Already at this stage it is possible to visually inspect results. To
that end, we provide the function PlotAvgSMF
to plot the
average SMF signal, defined as 1 - average methylation,
at a genomic locus of interest. Optionally, the user can pass a GRanges
object of genomic coordinates for the transcription factor binding sites
(TFBSs) of interest to include in the plot, we show an
example of such an object.
TFBSs <- GenomicRanges::GRanges("chr6",
IRanges(c(88106216, 88106253),
c(88106226, 88106263)),
strand = "-")
elementMetadata(TFBSs)$name <- c("NRF1", "NRF1")
names(TFBSs) <- c(paste0("TFBS_", c(4305215, 4305216)))
TFBSs
## GRanges object with 2 ranges and 1 metadata column:
## seqnames ranges strand | name
## <Rle> <IRanges> <Rle> | <character>
## TFBS_4305215 chr6 88106216-88106226 - | NRF1
## TFBS_4305216 chr6 88106253-88106263 - | NRF1
## -------
## seqinfo: 1 sequence from an unspecified genome; no seqlengths
PlotAvgSMF(MethGR = Methylation[[1]],
range = Region_of_interest,
TFBSs = TFBSs)
Furthermore, the function PlotSM
can be used to plot the
single molecule SMF information at a given site.
PlotSM(MethSM = Methylation[[2]],
range = Region_of_interest)
## No sorting passed or specified, will plot unsorted reads
Optionally, hierarchical clustering can be performed by setting the
parameter SortedReads = "HC"
. This can be useful to
aggregate reads visually in order to spot PCR artifacts. N.b. reads will
be downsampled to 500.
Ultimately though, we want to classify reads based on their patterns
of molecular occupancy. To that end we provide the functions
SortReadsBySingleTF
and SortReadsByTFCluster
to classify reads based either on the occupancy patterns of one or
multiple transcription factors.
Under the hood, the classification is based on the definition of n + 2 bins (with n being the number of TFs). The n bins are each centered around one of the TFBSs of interest, while the 2 extra bins are located upstream and downstream of the two outmost TFBSs.
For SortReadsBySingleTF
, the coordinates of the bins
relative to the center of the TFBS are [-35;-25], [-15;+15], [+25,+35].
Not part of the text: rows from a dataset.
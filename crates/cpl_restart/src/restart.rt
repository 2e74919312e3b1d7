// The undivided state as the bytes of a restart.
ghost use Rattle.std.specs.Prelude.{◌≡◌, ◌++◌, ◌<◌, ◌^◌, [], ◌∷◌, ◌≤◌, length, IfOk, OnOk, Ok};
ghost use Rattle.std.specs.List.{AllByRecursion, flat_map};
ghost use Rattle.cpl_fixed.specs.declared.limits.TheConstants.{MOST_START_BYTES};
ghost use Rattle.cpl_xgrid.specs.Grids.{IsGrid};
ghost use Rattle.cpl_restart.specs.Counts.{AreCounts};
ghost use Rattle.cpl_restart.specs.RestartBytes.{IsSpelled, counts_of, elapsed_bytes, sections_of, state_at, sum_bytes, summed_bytes, whole_bytes, whole_of};
ghost use Rattle.cpl_restart.specs.SecondBytes.{second_bytes};
ghost use Rattle.cpl_restart.specs.Sections.{Reads};
ghost use Rattle.cpl_state.specs.States.{HasLengths, IsWhole};
ghost use Rattle.cpl_restart.specs.declared.version.Version.TheVariants.{First, Second};
ghost use Rattle.cpl_state.specs.declared.whole.Whole.{Whole as WholeState};

use crate::counts::{Counts, counts_of, known_of};
use crate::lawful::judge;
use crate::reading::{FIRST_MARK, SECOND_MARK, read_elapsed, read_summed, read_version};
use crate::sections::{read_end, wrapped_sum, write_number, write_section};
use crate::start_error::StartError;
use crate::version::Version;
use cpl_faces::faces;
use cpl_fixed::List;
use cpl_state::Whole;
use cpl_xgrid::Grid;
use std::alloc::{AllocError, Global};

// All sections of a grid's restart as a state.
fn read_state<'a>(
    alloc: Global,
    grid: &Grid,
    counts: Counts,
    version: Version,
    elapsed: i64,
    bytes: &'a [u8],
) -> Result<(Whole, &'a [u8]), StartError>
    requires { AreCounts grid.now counts }
    ensures { Reads (λ x. (x.0, x.1.now)) result (state_at grid.now version elapsed bytes.now) }
{
    let (air_heat, bytes) = read_summed(alloc, version, 1, counts.air, bytes)?;
    let (air_vapour, bytes) = read_summed(alloc, version, 2, counts.air, bytes)?;
    let (air_sun, bytes) = read_summed(alloc, version, 3, counts.air, bytes)?;
    let (land_heat, bytes) = read_summed(alloc, version, 4, counts.land, bytes)?;
    let (land_water, bytes) = read_summed(alloc, version, 5, counts.land, bytes)?;
    let (parts, bytes) = read_summed(alloc, version, 6, counts.parts, bytes)?;
    let (ice, bytes) = read_summed(alloc, version, 7, counts.ice, bytes)?;
    let (ice_heat, bytes) = read_summed(alloc, version, 8, counts.ice, bytes)?;
    let (water, bytes) = read_summed(alloc, version, 9, counts.water, bytes)?;
    let (heat, bytes) = read_summed(alloc, version, 10, counts.water, bytes)?;
    let (salt, bytes) = read_summed(alloc, version, 11, counts.water, bytes)?;
    let (faces, bytes) = read_summed(alloc, version, 12, counts.faces, bytes)?;
    let (to_ice, bytes) = read_summed(alloc, version, 13, counts.to_ice, bytes)?;
    let (to_ocean, bytes) = read_summed(alloc, version, 14, counts.to_ocean, bytes)?;
    let whole = Whole {
        elapsed,
        air_heat,
        air_vapour,
        air_sun,
        land_heat,
        land_water,
        parts,
        ice,
        ice_heat,
        water,
        heat,
        salt,
        faces,
        to_ice,
        to_ocean,
    };
    Ok((whole, bytes))
}

// The state that bytes spell, or their first fault.
#[tactic(auto, unfolding(crate::specs::RestartBytes::whole_of))]
fn read_whole(alloc: Global, grid: &Grid, bytes: &[u8]) -> Result<Whole, StartError>
    requires grid { IsGrid grid.now }
    ensures { Reads (λ whole. whole) result (whole_of grid.now bytes.now) }
{
    let faces = faces(alloc, &grid.ocean.mosaic)?;
    let counts = counts_of(grid, &faces);
    let (version, bytes) = read_version(bytes)?;
    let (elapsed, bytes) = read_elapsed(version, bytes)?;
    let (whole, end) = read_state(alloc, grid, counts, version, elapsed, bytes)?;
    read_end(end)?;
    judge(grid, &faces, &whole)?;
    Ok(whole)
}

/// The state of a grid that `bytes` spell in either version, or their first fault.
///
/// All numbers are eight bytes, the highest first, in two's complement. Version 1 is the mark `CPLRST01`, the elapsed seconds, and
/// the fourteen lists of `Whole` in their order as sections: a section is its count and that many numbers. Version 2 begins
/// with `CPLRST02`, and the elapsed seconds and each section are followed by a sum: that of the count and the numbers, taken
/// without a sign, which wraps. The elapsed seconds are section 0, without a count. Both formats are defined by this project.
///
/// `Short` comes for fewer than eight bytes, and else `Magic` for another mark. Then, in the order of the file, `Short` comes
/// where the elapsed seconds, a count, a section's numbers or a sum aren't all there, `Shape(section)` where a count isn't the
/// grid's, and `Sum(section, stated, found)` where a sum is another. Then `Trailing` comes where bytes follow, and last the
/// first rule of lawful states that is broken: `Negative(section, index)` for the first negative number outside the faces,
/// `Parts(cell)` for the least cell with water whose parts don't sum to 65536, `Dry(section, index)` for the first number other
/// than 0 of a cell of the land or the ocean without an area, and `Wall(index)` for the first number of a face that is below
/// -2^40, above 2^40, or other than 0 where one of its cells has no area.
///
/// Its time is linear in the bytes and the cells. It takes memory for the ocean's faces, and for each section once its count is
/// judged and its numbers are all there. `Memory` may come in place of any answer.
pub fn decode(alloc: Global, grid: &Grid, bytes: &[u8]) -> Result<Whole, StartError>
    requires grid { IsGrid grid.now }
    // What is read is spelled so, in one of the two versions.
    ensures found { IfOk result (IsWhole grid.now) }
    ensures spelled { IfOk result (λ whole. IsSpelled bytes.now whole) }
    // What is spelled so is read, unless memory ran out.
    ensures only { (whole : WholeState) → IsWhole grid.now whole → IsSpelled bytes.now whole → Reads (λ whole. whole) result (Ok whole) }
    // Which fault it is.
    ensures exact { Reads (λ whole. whole) result (whole_of grid.now bytes.now) }
{
    known_of(grid);
    read_whole(alloc, grid, bytes)
}

// Appends the sum that follows these numbers, which version 1 lacks.
fn write_sum(
    out: &mut Vec<u8>,
    version: Version,
    first: i64,
    others: &[i64],
) -> Result<(), AllocError>
    ensures { OnOk result (out.new.items ≡ out.old.items ++ sum_bytes version (first ∷ others.now)) }
{
    match version {
        Version::First => Ok(()),
        Version::Second => write_number(out, wrapped_sum(first, others).cast_signed()),
    }
}

// Appends the elapsed seconds, with their sum.
fn write_elapsed(out: &mut Vec<u8>, version: Version, whole: &Whole) -> Result<(), AllocError>
    ensures { OnOk result (out.new.items ≡ out.old.items ++ elapsed_bytes version whole.now.elapsed) }
{
    write_number(out, whole.elapsed)?;
    write_sum(out, version, whole.elapsed, &[])
}

// Appends a section, with its sum.
fn write_summed(out: &mut Vec<u8>, version: Version, numbers: &List<i64>) -> Result<(), AllocError>
    ensures { OnOk result (out.new.items ≡ out.old.items ++ summed_bytes version numbers.now) }
{
    let numbers = numbers.as_slice();
    write_section(out, numbers)?;
    write_sum(out, version, numbers.len() as i64, numbers)
}

// Appends all sections of a state, with their sums.
fn write_sections(out: &mut Vec<u8>, version: Version, whole: &Whole) -> Result<(), AllocError>
    ensures { OnOk result (out.new.items ≡ out.old.items ++ flat_map (summed_bytes version) (sections_of whole.now)) }
{
    write_summed(out, version, &whole.air_heat)?;
    write_summed(out, version, &whole.air_vapour)?;
    write_summed(out, version, &whole.air_sun)?;
    write_summed(out, version, &whole.land_heat)?;
    write_summed(out, version, &whole.land_water)?;
    write_summed(out, version, &whole.parts)?;
    write_summed(out, version, &whole.ice)?;
    write_summed(out, version, &whole.ice_heat)?;
    write_summed(out, version, &whole.water)?;
    write_summed(out, version, &whole.heat)?;
    write_summed(out, version, &whole.salt)?;
    write_summed(out, version, &whole.faces)?;
    write_summed(out, version, &whole.to_ice)?;
    write_summed(out, version, &whole.to_ocean)
}

// How many bytes a state has at most: a number is eight, and each of the fifteen parts has a count or a mark, and a sum.
fn size_of(whole: &Whole) -> usize {
    let numbers = whole
        .air_heat
        .len()
        .saturating_mul(3)
        .saturating_add(whole.land_heat.len().saturating_mul(2))
        .saturating_add(whole.parts.len())
        .saturating_add(whole.ice.len().saturating_mul(2))
        .saturating_add(whole.water.len().saturating_mul(3))
        .saturating_add(whole.faces.len())
        .saturating_add(whole.to_ice.len())
        .saturating_add(whole.to_ocean.len());
    numbers.saturating_add(31).saturating_mul(8)
}

// The spelling of a state in a version.
#[tactic(auto, unfolding(crate::specs::RestartBytes::whole_bytes))]
fn spell(alloc: Global, version: Version, whole: &Whole) -> Result<Vec<u8>, AllocError>
    ensures { IfOk result (λ bytes. bytes.items ≡ whole_bytes version whole.now) }
{
    let mut out = Vec::with_capacity(alloc, size_of(whole))?;
    out.extend_from_slice(match version {
        Version::First => FIRST_MARK,
        Version::Second => SECOND_MARK,
    })?;
    write_elapsed(&mut out, version, whole)?;
    write_sections(&mut out, version, whole)?;
    Ok(out)
}

/// The spelling of a state of a grid in version 2, as `decode` tells it; reading it gives the state back. It takes memory for the
/// bytes.
pub fn encode(alloc: Global, grid: &Grid, whole: &Whole) -> Result<Vec<u8>, AllocError>
    requires grid { IsGrid grid.now }
    requires whole { IsWhole grid.now whole.now }
    ensures spelled { IfOk result (λ bytes. bytes.items ≡ whole_bytes Second whole.now) }
    ensures back { IfOk result (λ bytes. whole_of grid.now bytes.items ≡ Ok whole.now) }
{
    known_of(grid);
    spell(alloc, Version::Second, whole)
}

/// The spelling of a state of a grid in version 1.
pub fn encode_first(alloc: Global, grid: &Grid, whole: &Whole) -> Result<Vec<u8>, AllocError>
    requires grid { IsGrid grid.now }
    requires whole { IsWhole grid.now whole.now }
    ensures spelled { IfOk result (λ bytes. bytes.items ≡ whole_bytes First whole.now) }
    ensures back { IfOk result (λ bytes. whole_of grid.now bytes.items ≡ Ok whole.now) }
{
    known_of(grid);
    spell(alloc, Version::First, whole)
}

/// What `encode` writes is within the limit of a start, and reading it gives the state back: a run can go on from what another left.
/// It takes no memory.
pub fn restart_reads_back(grid: &Grid)
    requires { IsGrid grid.now }
    ensures within { (whole : WholeState) → IsWhole grid.now whole → length (second_bytes whole) ≤ MOST_START_BYTES }
    ensures back { (whole : WholeState) → IsWhole grid.now whole → whole_of grid.now (second_bytes whole) ≡ Ok whole }
{
    known_of(grid);
}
Instead, the function SortReadsByTFCluster
draws a bin with
coordinates [-7;+7] around the center of each TFBS, a bin with
coordinates [-35;-25] relative to center of the most upstream TFBS and a
bin with coordinates [+25,+35] relative to the center of the most
downstream TFBS. The user can also employ custom coordinates by
specifying them explicitly using the function
SortReads
.
For each read, the binary methylation status of the cytosines contained in each bin is averaged to either a 0 or a 1 such that each read is eventually represented as sequence of n + 2 binary digits, for a total of 2(n + 2) possible sequences.
Here, we show a usage case for the SortReadsByTFCluster
function, as we have already identified the double binding of NRF1 at
the genomic site under scrutiny. Usage and exploration of the output is
identical for the other function, except for the the format of the
TFBSs argument which should consist of a GRanges object of
length 1 for SortReadsBySingleTF
and of length > 1 for
SortReadsByTFCluster
.
SortedReads_TFCluster <- SortReadsByTFCluster(MethSM = Methylation[[2]],
TFBSs = TFBSs)
## Collecting summarized methylation for bins
## TF cluster mode
## Number of retrieved states: 13
## States population:
## 0000 0001 0011 0101 0111 1000 1001 1010 1011 1100 1101 1110 1111
## 4 13 8 4 9 20 311 8 158 34 108 12 306
N.b. non-populated states are not returned.
The output of each of these sorting functions can be passed directly
as the SortedReads
argument of the PlotSM
function.
PlotSM(MethSM = Methylation[[2]],
range = Region_of_interest,
SortedReads = SortedReads_TFCluster)
## Sorting reads according to passed values before plotting
## Inferring sorting was performed by TF pair
N.b. despite sorting reads by a TF cluster is in principle possible
with clusters of any size, as of now the PlotSM
function
can only deal with TF pairs.
In order to be quantitative about these observations, the user can
employ the StateQuantificationPlot
. The function outputs a
bar plot annotated with the percentage of reads found in each state. The
function takes, as argument, the output of either of the two sorting
functions.
StateQuantificationPlot(SortedReads = SortedReads_TFCluster)
## Inferring sorting was performed by TF pair
Finally, we provide the wrapper function
PlotSingleSiteSMF
to plot at once the three kinds of
information detailed above and to export results as a pdf.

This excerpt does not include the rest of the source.